impl Desk {
    /// Makes the desk of a book that has sent nothing. Nobody waits at it.
    pub fn new(alloc: Global, book: Book) -> Desk
        requires { book.sent ≡ [] }
    {
        Desk {
            book,
            waiters: Vec::new(alloc),
            may_have_lost: false,
        }
    }

    /// Asks the gate of this node for a step. Returns why the step is not made, or `None` if it is.
    fn halt<G: Gate>(&self, node: NodeId, gate: &G) -> Option<Stop>
        ensures { IsNone result → self.now.book.me ≡ node }
    {
        if !gate.step(node) {
            return Some(Stop::Gate);
        }
        // The book always belongs to this node, but no contract tells what is under a lock.
        if self.book.me() == node {
            None
        } else {
            Some(Stop::Refused)
        }
    }

    /// Asks the gate of this node, and then a client asks for a name. This ticket tells its thread when the client is
    /// let in, at once or later, or when it gives up or the node is stopped.
    ///
    /// # Errors
    ///
    /// The first that holds:
    ///
    /// 1. `Stopped` with `Gate`: the gate answered `false`.
    /// 2. `Refused`: the book refused it, as [`Book::ask`] says. `Memory` also comes if there is no ticket.
    pub fn ask<G: Gate>(
        &mut self,
        alloc: Global,
        node: NodeId,
        gate: &G,
        request: &Request,
        ticket: Option<&SharedTicket>,
    ) -> Result<Stepped, SiteError>
        ensures made { IfOk result
            (λ stepped. (marks : List mark.Mark)
            × Adds self.old.book (Ask request.now.client request.now.name request.now.mode) stepped.frames.items marks
            self.new.book) }
        ensures given { IfOk result
            (λ stepped. IfSome stepped.told (λ told. Gives self.old.book self.new.book told.1)) }
        ensures err { OnErr result (self.new.book ≡ self.old.book) }
        ensures waits { IfOk result (λ stepped. IfNone stepped.told
            (Any (IsWaiterFor request.now.client request.now.name) self.new.waiters.items)) }
        ensures refused { (why : BookError) → IsErrOf result (site.SiteError.Refused why)
            → RefusesAsk self.old.book request.now.client request.now.name request.now.mode why }
        ensures others { IsNotCancelled result }
    {
        if let Some(stop) = self.halt(node, gate) {
            return Err(SiteError::Stopped(stop));
        }
        let Some(waiter) = make_waiter(&mut self.waiters, request, ticket) else {
            // Each other cause comes before `Memory`.
            let refused = self
                .book
                .ask_refusal(request.client, request.name, request.mode);
            return Err(SiteError::Refused(refused));
        };
        let posted = self
            .book
            .ask(alloc, request.client, request.name, request.mode)?;
        self.waiters.push_reserved(waiter);
        Ok(made_by(&mut self.waiters, posted, None))
    }

    /// Asks the gate of this node, and then the client that holds a name leaves it.
    ///
    /// # Errors
    ///
    /// The first that holds:
    ///
    /// 1. `Stopped` with `Gate`: the gate answered `false`.
    /// 2. `Refused`: the book refused it, as [`Book::leave`] says, and never with `Memory`.
    pub fn leave<G: Gate>(
        &mut self,
        alloc: Global,
        node: NodeId,
        gate: &G,
        client: u32,
        name: Name,
    ) -> Result<Stepped, SiteError>
        ensures made { IfOk result
            (λ stepped. (marks : List mark.Mark) × Adds self.old.book (Leave client name) stepped.frames.items marks
            self.new.book) }
        ensures given { IfOk result
            (λ stepped. IfSome stepped.told (λ told. Gives self.old.book self.new.book told.1)) }
        ensures err { OnErr result (self.new.book ≡ self.old.book) }
        ensures me { OnOk result (self.old.book.me ≡ node) }
        ensures refused { (why : BookError) → IsErrOf result (site.SiteError.Refused why)
            → RefusesLeave self.old.book client name why }
        ensures no_memory { IsErrOf result (site.SiteError.Refused BookError.Memory) → ⊥ }
        ensures others { IsNotCancelled result }
    {
        if let Some(stop) = self.halt(node, gate) {
            return Err(SiteError::Stopped(stop));
        }
        let posted = self.book.leave(alloc, client, name)?;
        Ok(made_by(&mut self.waiters, posted, None))
    }

    /// Asks the gate of this node, and then a client that waits or is queued for a name gives it up. Its thread is to
    /// be told of it.
    ///
    /// # Errors
    ///
    /// The first that holds:
    ///
    /// 1. `Stopped` with `Gate`: the gate answered `false`.
    /// 2. `Refused`: the book refused it, as [`Book::cancel`] says, and never with `Memory`.
    pub fn cancel<G: Gate>(
        &mut self,
        alloc: Global,
        node: NodeId,
        gate: &G,
        client: u32,
        name: Name,
    ) -> Result<Stepped, SiteError>
        ensures made { IfOk result
            (λ stepped. (marks : List mark.Mark) × Adds self.old.book (Cancel client name) stepped.frames.items marks
            self.new.book) }
        ensures given { IfOk result
            (λ stepped. IfSome stepped.told (λ told. Gives self.old.book self.new.book told.1)) }
        ensures err { OnErr result (self.new.book ≡ self.old.book) }
        ensures me { OnOk result (self.old.book.me ≡ node) }
        ensures told { IfOk result (λ stepped. IfSome stepped.given_up (λ ticket.
            Any (λ w. IsWaiterFor client name w × (w.ticket ≡ ticket)) self.old.waiters.items)) }
        ensures nobody { IfOk result (λ stepped.
            IfNone stepped.given_up (WaitsNot client name self.old.waiters.items)) }
        ensures refused { (why : BookError) → IsErrOf result (site.SiteError.Refused why)
            → RefusesCancel self.old.book client name why }
        ensures no_memory { IsErrOf result (site.SiteError.Refused BookError.Memory) → ⊥ }
        ensures others { IsNotCancelled result }
    {
        if let Some(stop) = self.halt(node, gate) {
            return Err(SiteError::Stopped(stop));
        }
        let posted = self.book.cancel(alloc, client, name)?;
        let given_up = take(&mut self.waiters, client, &name);
        Ok(made_by(&mut self.waiters, posted, given_up))
    }

    /// Does what `cancel` does for the client of this request, if it still waits by this ticket. A later request of the
    /// same client for the same name is not touched.
    ///
    /// # Errors
    ///
    /// The first that holds:
    ///
    /// 1. `Refused` with `NotWaiting`: it waits by this ticket no more. The ticket tells the outcome.
    /// 2. Those of `cancel`.
    pub fn give_up<G: Gate>(
        &mut self,
        alloc: Global,
        node: NodeId,
        gate: &G,
        request: &Request,
        ticket: &SharedTicket,
    ) -> Result<Stepped, SiteError>
        ensures made { IfOk result
            (λ stepped. (marks : List mark.Mark)
            × Adds self.old.book (Cancel request.now.client request.now.name) stepped.frames.items marks
            self.new.book) }
        ensures given { IfOk result
            (λ stepped. IfSome stepped.told (λ told. Gives self.old.book self.new.book told.1)) }
        ensures me { OnOk result (self.old.book.me ≡ node) }
        ensures told { IfOk result (λ stepped. IfSome stepped.given_up (λ ticket.
            Any (λ w. IsWaiterFor request.now.client request.now.name w × (w.ticket ≡ ticket))
            self.old.waiters.items)) }
        ensures nobody { IfOk result (λ stepped.
            IfNone stepped.given_up (WaitsNot request.now.client request.now.name self.old.waiters.items)) }
        ensures err { OnErr result (self.new.book ≡ self.old.book) }
        ensures refused { (why : BookError) → IsErrOf result (site.SiteError.Refused why)
            → (why ≡ BookError.NotWaiting)
            ⊎ RefusesCancel self.old.book request.now.client request.now.name why }
        ensures no_memory { IsErrOf result (site.SiteError.Refused BookError.Memory) → ⊥ }
        ensures others { IsNotCancelled result }
    {
        if ticket.is_taken() {
            return Err(SiteError::Refused(BookError::NotWaiting));
        }
        self.cancel(alloc, node, gate, request.client, request.name)
    }

    /// Asks the gate of this node, and then the node forgets names.
    ///
    /// # Errors
    ///
    /// The first that holds:
    ///
    /// 1. `Stopped` with `Gate`: the gate answered `false`.
    /// 2. `Refused`: the book refused it, as [`Book::forget`] says.
    pub fn forget<G: Gate>(
        &mut self,
        alloc: Global,
        node: NodeId,
        gate: &G,
    ) -> Result<(), SiteError>
        ensures made { OnOk result (Adds self.old.book Forget [] [] self.new.book) }
        ensures me { OnOk result (self.old.book.me ≡ node) }
        ensures err { OnErr result (self.new.book ≡ self.old.book) }
        ensures others { IsNotCancelled result }
    {
        if let Some(stop) = self.halt(node, gate) {
            return Err(SiteError::Stopped(stop));
        }
        self.book.forget(alloc)?;
        Ok(())
    }

    /// Asks the gate of this node, and then the bytes of a frame come.
    ///
    /// # Errors
    ///
    /// The first that holds:
    ///
    /// 1. `Stopped` with `Gate`: the gate answered `false`.
    /// 2. `Refused`: the book refused it, as [`Book::receive`] says.
    fn receive<G: Gate>(
        &mut self,
        alloc: Global,
        node: NodeId,
        gate: &G,
        bytes: &[u8],
    ) -> Result<Stepped, SiteError>
        ensures given { IfOk result
            (λ stepped. IfSome stepped.told (λ told. Gives self.old.book self.new.book told.1)) }
    {
        if let Some(stop) = self.halt(node, gate) {
            return Err(SiteError::Stopped(stop));
        }
        let posted = self.book.receive(alloc, bytes)?;
        Ok(made_by(&mut self.waiters, posted, None))
    }

    /// Hands the book frames, and asks the gate of this node before each. Puts the result of each into the list.
    ///
    /// # Errors
    ///
    /// Why one of them was not received. Those before it were.
    pub fn receive_all<G: Gate>(
        &mut self,
        alloc: Global,
        node: NodeId,
        gate: &G,
        taken: &[Vec<u8>],
        stepped: &mut Vec<Stepped>,
    ) -> Result<(), SiteError> {
        for bytes in taken {
            if stepped.reserve(1).is_err() {
                return Err(SiteError::Refused(BookError::Memory));
            }
            let step = self.receive(alloc, node, gate, bytes.as_slice())?;
            stepped.push_reserved(step);
        }
        Ok(())
    }

    /// Gives the book a fault, if it has none. Returns the cause that the book has then, and the clients that waited.
    /// They are to be told of it.
    pub fn fail(&mut self, alloc: Global, stop: Stop) -> (Stop, Vec<Waiter>) {
        self.book.fail(stop);
        let cause = self.book.fault().unwrap_or(stop);
        (cause, mem::replace(&mut self.waiters, Vec::new(alloc)))
    }

    /// Flags a frame that the book sent and still has as lost.
    pub fn mark_lost(&mut self, frame: &Frame)
        ensures { IsFirst self.old.book.sent frame.now false → Loses self.old.book.sent frame.now self.new.book.sent }
    {
        self.may_have_lost = true;
        // The book sent it, no round took it before it was tried, and no other thread flags it.
        let _ = self.book.mark_lost(frame);
    }

    /// Hands over the events of this node after one with the clock `after`, or from its first one on if `after` is 0,
    /// and the frames sent since the round before that are flagged lost. Unless there may be a lost frame, that takes a
    /// time that does not grow with the history. All frames leave the book, too; they are returned, so that they need
    /// not be dropped under the lock.
    ///
    /// # Errors
    ///
    /// The first that holds, and the book is as before:
    ///
    /// 1. `OutOfTurn`: the book belongs to another node, or `after` is not the clock of the last event that was handed
    ///    over, or 0 before the first.
    /// 2. `Memory`: there is no room for the lost frames, or for what the leaves of the node's clients will need.
    pub fn hand_over(
        &mut self,
        alloc: Global,
        node: NodeId,
        after: u64,
    ) -> Result<(Handed, Vec<Sent>), TakeError>
        ensures after { IfOk result (λ made. made.0.after ≡ after) }
        ensures handed { IfOk result
            (λ made. IsAllLeft self.old.book node after made.0.events.items made.0.lost.items) }
        // So nothing is handed over twice.
        ensures taken { OnOk result (self.new.book ≡ with_all_taken self.old.book) }
        ensures out_of_turn { IsErrOf result TakeError.OutOfTurn
            ↔ ((self.old.book.me ≢ node) ⊎ (after ≢ clock_of self.old.book.taken.events)) }
        ensures others { OnlyTurnOrMemory result }
        ensures err { OnErr result (self.new.book ≡ self.old.book) }
    {
        if self.book.me() != node || self.book.taken_clock() != after {
            return Err(TakeError::OutOfTurn);
        }
        let lost = self.lost(alloc)?;
        let (events, sent) = self.book.take_all(alloc)?;
        self.may_have_lost = false;
        let handed = Handed {
            after,
            events,
            lost,
        };
        Ok((handed, sent))
    }

    /// Returns the frames of the book that are flagged lost, in order of sending. If there may be one, the cost is
    /// linear in the number of its frames.
    ///
    /// # Errors
    ///
    /// `Memory`: memory ran out.
    fn lost(&self, alloc: Global) -> Result<Vec<Frame>, Memory>
        ensures { IfOk result (λ lost. lost.items ≡ lost_frames self.now.book.sent) }
    {
        if !self.may_have_lost {
            return Ok(Vec::new(alloc));
        }
        lost_of(alloc, &self.book)
    }
}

▶ WORK TASK
Report all lines above with "what".

▶ WRITTEN RESPONSE
        // The book always belongs to this node, but no contract tells what is under a lock.
    /// Does what `cancel` does for the client of this request, if it still waits by this ticket. A later request of the
    /// 2. `Memory`: there is no room for the lost frames, or for what the leaves of the node's clients will need.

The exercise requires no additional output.